#### EXERCISE
Please tally the lines in the records that include the word "heard" and answer with the bare number.

(Excerpts from a dataset)

◇ ◇ ◇

// What is sent and stored: a plan, and how it is carried out. Messages have revision 2.
ghost use Rattle.std.specs.Prelude.{◌≡◌, true, ◌+◌, ◌≤◌, None, length};
ghost use Rattle.octets.specs.Lay.{put};
ghost use Rattle.message.specs.Kinds.{type_number};
ghost use Rattle.good.specs.Good.{good_field};
ghost use Rattle.choice.specs.Wishes.{standard_codes};
ghost use Rattle.station.specs.Sending.{sent_field};
ghost use Rattle.station.specs.Stepping.{Did};
ghost use Rattle.station.specs.Inner.{octets_of, sent_of, stored_of, planning, planned};

use super::lent::{Fields, Message};
use super::{Offer, StepRefusal, Stepped};
use message::MessageType;
use names::Keep;
use octets::copy_front;
use strike::rewrite_field;
use table::{Phase, Signal, State};
use tree::Field;

// Octet 1 of a message of revision 2 and type 0.
const REVISION_2: u8 = 0x20;

// A message to send: an ACK or a NAK, by its type, or one with fields.
#[derive(Clone, Copy)]
pub(crate) enum Outgoing<'a> {
    Bare(MessageType),
    Whole(Fields<'a>),
}

// What goes into the store: what is kept of the standard field of a message.
#[derive(Clone, Copy)]
pub(crate) struct Kept<'a> {
    pub(crate) keep: Keep,
    pub(crate) message: Message<'a>,
}

// What is to be done: what is told, the signal to send, the two messages, what is stored, and the next phase.
#[derive(Clone, Copy)]
pub(crate) struct Plan<'a> {
    pub(crate) told: Result<(), StepRefusal>,
    pub(crate) signal: Option<Signal>,
    pub(crate) first: Option<Outgoing<'a>>,
    pub(crate) second: Option<Outgoing<'a>>,
    pub(crate) storing: Option<Kept<'a>>,
    pub(crate) next: Phase,
}

impl<'a> Plan<'a> {
    // Success is told, and the phase changes: that is all.
    pub(crate) fn quiet(next: Phase) -> Plan<'a>
        ensures { result ≡ planning (Ok tt) None None None next }
    {
        Plan {
            told: Ok(()),
            signal: None,
            first: None,
            second: None,
            storing: None,
            next,
        }
    }
}

// Octet 1 of a message of a type.
fn first_octet(kind: MessageType) -> u8
    ensures { result ≡ 0x20 + type_number kind }
{
    REVISION_2 + kind as u8
}

// Puts an MS, a CL or a CLR. Its standard field is put as it is, since it is minimal.
// The field is an argument of its own, no part of a `Fields`: only so is each of its octets known to be under 256.
fn put_message(kind: MessageType, offer: Offer, standard: &[u8], out: &mut [u8]) -> usize
    requires { (type_number kind ≤ 3) × (good_field standard.now ≡ true) × (64 ≤ length out.old) }
    ensures { (result ≡ length (sent_field (type_number kind) offer (standard_codes standard.now))) × (out.new ≡ put (sent_field (type_number kind) offer (standard_codes standard.now)) out.old) × (result ≤ 31) }
{
    out[0] = first_octet(kind);
    out[1] = 128 + offer.v8 as u8 + 2 * offer.short_v8 as u8 + 8 * offer.ack as u8;
    out[2] = 128;
    let size = standard.len();
    copy_front(standard, size, &mut out[3..]);
    3 + size
}

// Puts a message, and tells its length.
fn put_one(message: Outgoing, out: &mut [u8]) -> usize
    requires { 64 ≤ length out.old }
    ensures { (result ≡ length (octets_of message.entry)) × (out.new ≡ put (octets_of message.entry) out.old) × (result ≤ 31) }
{
    match message {
        Outgoing::Bare(kind) => {
            out[0] = first_octet(kind);
            1
        }
        Outgoing::Whole(x) => put_message(x.kind, x.offer, x.standard, out),
    }
}

// Puts a message if there is one, and tells its length.
fn put_outgoing(message: Option<Outgoing>, out: &mut [u8]) -> usize
    requires { 64 ≤ length out.old }
    ensures { (result ≡ length (sent_of message.entry)) × (out.new ≡ put (sent_of message.entry) out.old) × (result ≤ 31) }
{
    match message {
        Some(one) => put_one(one, out),
        None => 0,
    }
}

// Stores what is kept of a field, in minimal form, if there is one, and tells its length.
fn put_stored(storing: Option<Kept>, store: &mut [u8]) -> usize
    requires { 64 ≤ length store.old }
    ensures { (result ≡ length (stored_of storing.entry)) × (store.new ≡ put (stored_of storing.entry) store.old) }
{
    match storing {
        Some(kept) => {
            let heard = kept.message;
            rewrite_field(
                heard.field,
                heard.standard,
                Field::Standard,
                kept.keep,
                store,
            )
            .unwrap_or(0)
        }
        None => 0,
    }
}

// Does what a plan says.
pub(crate) fn carry_out(plan: Plan, out: &mut [u8], store: &mut [u8]) -> Stepped
    requires { (128 ≤ length out.old) × (64 ≤ length store.old) }
    ensures { Did (planned plan.entry) out.old store.old result out.new store.new }
{
    let first = put_outgoing(plan.first, out);
    let second = put_outgoing(plan.second, &mut out[first..]);
    let stored = put_stored(plan.storing, store);
    Stepped {
        told: plan.told,
        signal: plan.signal,
        first,
        second,
        stored,
        state: State { phase: plan.next },
    }
}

◇ ◇ ◇

#### ANSWER TO THIS PROBLEM
3